Muniswamy Rajgopal

Personal information
- Born: 24 March 1926 Bangalore, Kingdom of Mysore (now in Karnataka, India)
- Died: 3 March 2004 (aged 77) Bangalore, India

Sport
- Sport: Field hockey
- Position: Forward

Senior career
- Years: Team / Caps / Goals
- –: Hindustan Aircraft / - / -

National team
- Years: Team / Caps / Goals
- –: India /  / -

Medal record
Men's field hockey
Representing India
Olympic Games
| Gold medal – first place | 1952 Helsinki | Team competition |

= Muniswamy Rajgopal =

Indian field hockey player (1926–2004)

Muniswamy Rajgopal (24 March 1926 - 3 March 2004) was an Indian field hockey player. He was a member of the India national team that won gold medal at the 1952 Helsinki Olympics. He was from his home State of Mysore (now Karnataka) to win an Olympic medal.

Rajgopal was a versatile player and played as a wing forward or inside-right on either wings. He was nicknamed 'the artful dodger' for his stickwork. Rajgopal's contributions to hockey was recognized with Karnataka's Rajyotsava Award in 2000.

== Career ==
=== As player ===
A member of the Mysore team for 15 years from 1945 that competed in the national championships, Rajgopal was also an instrumental part of his employers' team, Hindustan Aircraft (now Hindustan Aeronautics). With the team, he won the Beighton Cup in 1951, defeating Pakistan's Lahore Bata 1–0 in the final. He toured East Africa twice, first with the undivided Indian team in 1945, and with the Indian team post-independence in 1947–48. He played alongside Dhyan Chand in the forward line for India and drew frequent comparisons to him from the press. He was called 'Dhyan Chand of the Deccan'. India scored 13 goals in the gold medal-winning campaign of the 1952 Helsinki Olympics and teammate Balbir Singh Sr. remarked, "We couldn't have got many of the goals, but for the presence of Rajagopal."

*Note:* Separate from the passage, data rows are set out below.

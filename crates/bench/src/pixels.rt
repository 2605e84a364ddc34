//! Writes into images, their rows as bytes, loads, draws and copies between images in each format, beside a plain copy of
//! as many bytes, and the memory that images take.

mod images;
pub mod work;

use crate::extents::Extent;
use anyhow::{Result, bail};
use egl_calls::Bytes;
use pixel_formats::{Format, Pixel, bytes_of};
use pixel_rows::{Image, Mask};
use std::rt::{Clock, Files};
use std::time::Instant;
use work::{
    ALL, GREY, ORANGE, RED, context, copies, copy, draw, fill, load, payload, rounds, rows, side,
    speed, sum_of,
};

const FORMATS: [Format; 8] = [
    Format::Rgb565,
    Format::Rgb888,
    Format::Rgba8888,
    Format::Rgba4444,
    Format::Rgba5551,
    Format::A8,
    Format::L8,
    Format::La88,
];

/// The formats that rows are given in and loaded from, beside the image's own.
const OTHERS: [Format; 2] = [Format::Rgba8888, Format::Rgb565];

/// A context that draws textures in a colour of halves, by GL_MODULATE and by GL_REPLACE.
const MODULATE: &str = "0 glEnable GL_TEXTURE_2D\n0 glColor4x 32768 32768 32768 32768\n";

const REPLACE: &str =
    "0 glEnable GL_TEXTURE_2D\n0 glColor4x 32768 32768 32768 32768\n0 glTexEnvx GL_TEXTURE_ENV GL_TEXTURE_ENV_MODE GL_REPLACE\n";

/// A piece of work.
#[derive(Clone, Copy, Drop)]
enum Piece {
    Plain,
    Fill(Pixel, Mask),
    Load(Format),
    Rows(Format),
    /// A texture is drawn over an image, texel by texel or at twice its size.
    Draw(&'static str, bool),
    Copy,
}

/// What pieces of work are done with, all of as many pixels.
#[derive(Drop)]
struct Scene {
    extent: Extent,
    image: Image,
    /// Another image of its format, on which it is drawn.
    target: Image,
    /// The bytes of pixels in any format.
    bytes: Bytes,
    /// Room for those of the image's.
    plain: Vec<u8>,
    /// Rows that were given.
    rows: Bytes,
}

// Does a piece of work all its rounds.
fn perform<R: AllocGlobal>(rt: &R, scene: &mut Scene, piece: Piece) -> Result<()> {
    let rounds = rounds(scene.extent);
    match piece {
        Piece::Plain => {
            let (front, _) = scene
                .bytes
                .as_slice()
                .split_at(scene.plain.len().min(scene.bytes.as_slice().len()));
            copy(scene.plain.as_mut_slice(), front, rounds);
        }
        Piece::Fill(colour, mask) => fill(&mut scene.image, colour, mask, rounds),
        Piece::Load(from) => load(&mut scene.image, &scene.bytes, from, rounds),
        Piece::Rows(to) => scene.rows = rows(rt.alloc(), &scene.image, to, rounds)?,
        Piece::Draw(text, is_whole) => {
            let part = context(rt.alloc(), text)?;
            let side = side(scene.extent);
            let crop = if is_whole { side } else { side / 2 };
            draw(&mut scene.target, &part, &scene.image, crop, rounds);
        }
        Piece::Copy => copies(&mut scene.target, &scene.image, rounds),
    }
    Ok(())
}

fn image_sum<R: AllocGlobal>(rt: &R, image: &Image) -> Result<u64> {
    let left = rows(rt.alloc(), image, image.format(), 1)?;
    Ok(sum_of(left.as_slice()))
}

// The sum of what a piece of work left.
fn sum_left<R: AllocGlobal>(rt: &R, scene: &Scene, piece: Piece) -> Result<u64> {
    match piece {
        Piece::Plain => Ok(sum_of(scene.plain.as_slice())),
        Piece::Rows(_) => Ok(sum_of(scene.rows.as_slice())),
        Piece::Fill(_, _) | Piece::Load(_) => image_sum(rt, &scene.image),
        Piece::Draw(_, _) | Piece::Copy => image_sum(rt, &scene.target),
    }
}

// Prints what a piece of work leaves, and how fast it is where all is done.
fn measure<R: Clock + Print + AllocGlobal>(
    rt: &R,
    scene: &mut Scene,
    name: &str,
    piece: Piece,
) -> Result<()> {
    let f = scene.image.format();
    let start = Instant::now(rt)?;
    perform(rt, scene, piece)?;
    let took = start.elapsed(rt)?;
    let sum = sum_left(rt, scene, piece)?;
    match scene.extent {
        Extent::Little => println!(rt; "{f:?}, {name}: sum {sum}")?,
        Extent::Full => {
            let fast = speed(took);
            println!(rt; "{f:?}, {name}: {fast} million pixels a second, sum {sum}")?;
        }
    }
    Ok(())
}

// Loads from a format and rows in it.
fn measure_format<R: Clock + Print + AllocGlobal>(
    rt: &R,
    scene: &mut Scene,
    other: Format,
) -> Result<()> {
    let load = format!(in rt.alloc(); "load from {other:?}")?;
    measure(rt, scene, load.as_str(), Piece::Load(other))?;
    let rows = format!(in rt.alloc(); "rows as {other:?}")?;
    measure(rt, scene, rows.as_str(), Piece::Rows(other))
}

/// What is done before the loads and the rows, and behind them.
static BEFORE: [(&str, Piece); 3] = [
    ("plain copy", Piece::Plain),
    ("fill", Piece::Fill(ORANGE, ALL)),
    ("fill of red alone", Piece::Fill(GREY, RED)),
];

static BEHIND: [(&str, Piece); 5] = [
    ("unscaled draw in REPLACE", Piece::Draw(REPLACE, true)),
    ("scaled draw in REPLACE", Piece::Draw(REPLACE, false)),
    ("unscaled draw in MODULATE", Piece::Draw(MODULATE, true)),
    ("scaled draw in MODULATE", Piece::Draw(MODULATE, false)),
    ("copy between images", Piece::Copy),
];

// One format, beside a copy of as many bytes.
fn measure_all<R: Clock + Print + AllocGlobal>(rt: &R, scene: &mut Scene) -> Result<()> {
    let f = scene.image.format();
    for (name, piece) in &BEFORE {
        measure(rt, scene, name, *piece)?;
    }
    measure_format(rt, scene, f)?;
    for other in OTHERS {
        if other != f {
            measure_format(rt, scene, other)?;
        }
    }
    for (name, piece) in &BEHIND {
        measure(rt, scene, name, *piece)?;
    }
    Ok(())
}

// Images of a format, with what else is there for it.
fn new_scene<R: AllocGlobal>(rt: &R, extent: Extent, f: Format) -> Result<Scene> {
    let side = side(extent);
    let pixels = side as usize * side as usize;
    let bytes = payload(rt.alloc(), pixels * 4)?;
    let mut plain = Vec::new(rt.alloc());
    plain.resize(pixels.wrapping_mul(bytes_of(f) as usize), 0)?;
    let rows = Bytes::new(rt.alloc());
    let image = Image::new(rt.alloc(), f, side, side);
    let target = Image::new(rt.alloc(), f, side, side);
    match (image, target) {
        (Ok(image), Ok(target)) => Ok(Scene {
            extent,
            image,
            target,
            bytes,
            plain,
            rows,
        }),
        (Ok(_) | Err(_), _) => bail!("no memory for an image"),
    }
}

/// Does each piece of work once with images of 64 by 64, and prints what is left. Or does each eight times over with images
/// of 2,048 by 2,048, and prints millions of pixels a second; before that, the memory that 64 such images take.
pub fn run<R: Clock + Files + Print + AllocGlobal>(rt: &R, extent: Extent) -> Result<()> {
    if extent == Extent::Full {
        images::measure(rt)?;
    }
    for f in FORMATS {
        let mut scene = new_scene(rt, extent, f)?;
        measure_all(rt, &mut scene)?;
    }
    Ok(())
}
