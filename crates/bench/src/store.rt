//! Frees nodes of a counted store by one release, and makes nodes one after another.

ghost use Rattle.std.specs.Prelude.{◌≡◌, ◌<◌};
ghost use Rattle.ref_store.specs.Kept.{AllIn};

mod branches;
mod shapes;

use crate::extents::Extent;
use crate::memory::{RESIDENT, kilobytes};
use anyhow::{Result, bail};
use branches::Branch;
use ref_store::{Steps, Store};
use shapes::{CHAINS, FAN, Shape, add, build};
use std::alloc::Global;
use std::marker::Brand;
use std::rt::{Clock, Files};
use std::sync::ledger::{Blank, Ledger};
use std::time::{Duration, Instant};

/// How many nodes are made one after another.
const PASSING: u32 = 10_000_000;

// Builds nodes in an empty store, frees them, and answers how long the freeing took.
fn free_in<R: Clock + AllocGlobal, L: Ledger>(
    rt: &R,
    store: &mut Store<Branch>,
    steps: &mut Steps<L>,
    shape: Shape,
    nodes: u32,
) -> Result<Took>
    requires { AllIn store.old.nodes }
{
    let root = build(rt.alloc(), store, shape, nodes)?;
    if store.outside(root) == 0 {
        bail!("nothing holds the root");
    }
    let start = Instant::now(rt)?;
    store.release(root, steps);
    Ok(Took {
        time: start.elapsed(rt)?,
        first: 0,
        last: 0,
    })
}

// Makes a node and lets it go.
fn pass<L: Ledger>(
    alloc: Global,
    store: &mut Store<Branch>,
    steps: &mut Steps<L>,
    next: &mut u64,
) -> Result<()>
    requires { AllIn store.old.nodes }
    ensures { AllIn store.new.nodes }
{
    let id = add(store, next, 0, Vec::new(alloc))?;
    if store.get(id).is_none() || store.outside(id) != 0 {
        bail!("the node isn't stored");
    }
    store.hold(id);
    if store.outside(id) == 0 {
        bail!("nothing holds the node");
    }
    store.release(id, steps);
    Ok(())
}

/// What is done in an empty store.
#[derive(Clone, Copy, Drop)]
enum Job {
    /// So many nodes of a shape are freed.
    Free(Shape, u32),
    /// Nodes are made one after another.
    Pass,
}

/// How long a job took, and where nodes pass the memory after the first thousand and at the end.
#[derive(Clone, Copy, Drop)]
struct Took {
    time: Duration,
    first: u64,
    last: u64,
}

fn make_and_drop<R: Clock + Files + AllocGlobal, L: Ledger>(
    rt: &R,
    store: &mut Store<Branch>,
    steps: &mut Steps<L>,
) -> Result<Took>
    requires { AllIn store.old.nodes }
{
    let mut next = 0;
    let mut first = 0;
    let start = Instant::now(rt)?;
    'nodes: for turn in 0..PASSING {
        if turn == 1_000 {
            first = kilobytes(rt, RESIDENT)?;
        }
        pass(rt.alloc(), store, steps, &mut next)?;
    }
    let time = start.elapsed(rt)?;
    let last = kilobytes(rt, RESIDENT)?;
    Ok(Took { time, first, last })
}

fn done_by<R: Clock + Files + AllocGlobal, L: Ledger>(
    rt: &R,
    job: Job,
    blank: Blank,
) -> Result<Took>
    requires name { blank.name ≡ L.name }
    requires parts { blank.parts ≡ L.parts }
    requires some { 0 < blank.parts }
{
    let mut steps: Steps<L> = Steps::open(blank);
    let mut store = Store::new(rt.alloc());
    match job {
        Job::Free(shape, nodes) => free_in(rt, &mut store, &mut steps, shape, nodes),
        Job::Pass => make_and_drop(rt, &mut store, &mut steps),
    }
}

fn done<R: Clock + Files + AllocGlobal>(rt: &R, job: Job) -> Result<Took> {
    done_by::<_, Brand>(rt, job, Blank::new(1))
}

// The nanoseconds a node in the fastest of five runs.
fn least<R: Clock + Files + AllocGlobal>(rt: &R, shape: Shape, nodes: u32) -> Result<u128> {
    let mut least = u128::MAX;
    'runs: for _ in 0..5 {
        let took = done(rt, Job::Free(shape, nodes))?;
        least = least.min(took.time.as_nanos());
    }
    Ok(least / u128::from(nodes.max(1)))
}

fn free_little<R: Clock + Files + Print + AllocGlobal>(rt: &R, shape: Shape) -> Result<()> {
    done(rt, Job::Free(shape, 1_000))?;
    println!(rt; "{} 1000: freed", shape.name)?;
    Ok(())
}

fn free_all<R: Clock + Files + Print + AllocGlobal>(rt: &R, shape: Shape) -> Result<()> {
    for nodes in [1_000, 10_000, 100_000] {
        let each = least(rt, shape, nodes)?;
        println!(rt; "{} {nodes}: {each} ns a node", shape.name)?;
    }
    Ok(())
}

fn tell_passing<R: Clock + Files + Print + AllocGlobal>(rt: &R) -> Result<()> {
    let Took { time, first, last } = done(rt, Job::Pass)?;
    let each = time.as_nanos() / u128::from(PASSING);
    println!(rt;
        "10,000,000 one after another: {each} ns a node\nmemory: {first} kB after the first thousand, {last} kB at the end"
    )?;
    Ok(())
}

/// Frees 1,000 nodes of each shape and says so. Or frees 1,000, 10,000 and 100,000, and prints the nanoseconds a node in the
/// fastest of five runs; then it makes ten million nodes and lets each go before the next, and prints how long each took,
/// and the memory after the first thousand and at the end.
pub fn run<R: Clock + Files + Print + AllocGlobal>(rt: &R, extent: Extent) -> Result<()> {
    for shape in [CHAINS, FAN] {
        match extent {
            Extent::Little => free_little(rt, shape)?,
            Extent::Full => free_all(rt, shape)?,
        }
    }
    match extent {
        Extent::Little => Ok(()),
        Extent::Full => tell_passing(rt),
    }
}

With the Indian team, Rajgopal also toured South India and Ceylon in 1947, Africa in 1952 and Malaya and Singapore in 1954. In the 1954 tour, he scored ten goals in 11 matches played. His game drew comparisons to Dhyan Chand and the Malayan press labeled him 'another Chand'.

=== As coach ===
Known for his sharp hockey acumen, Rajgopal was also the coach of the State teams, in various age-groups on numerous occasions, the most notable among them the 1975 Junior Nationals triumph in Pune. He was also the coach of the national team in the inaugural Junior World Cup tournament held in Paris in 1979.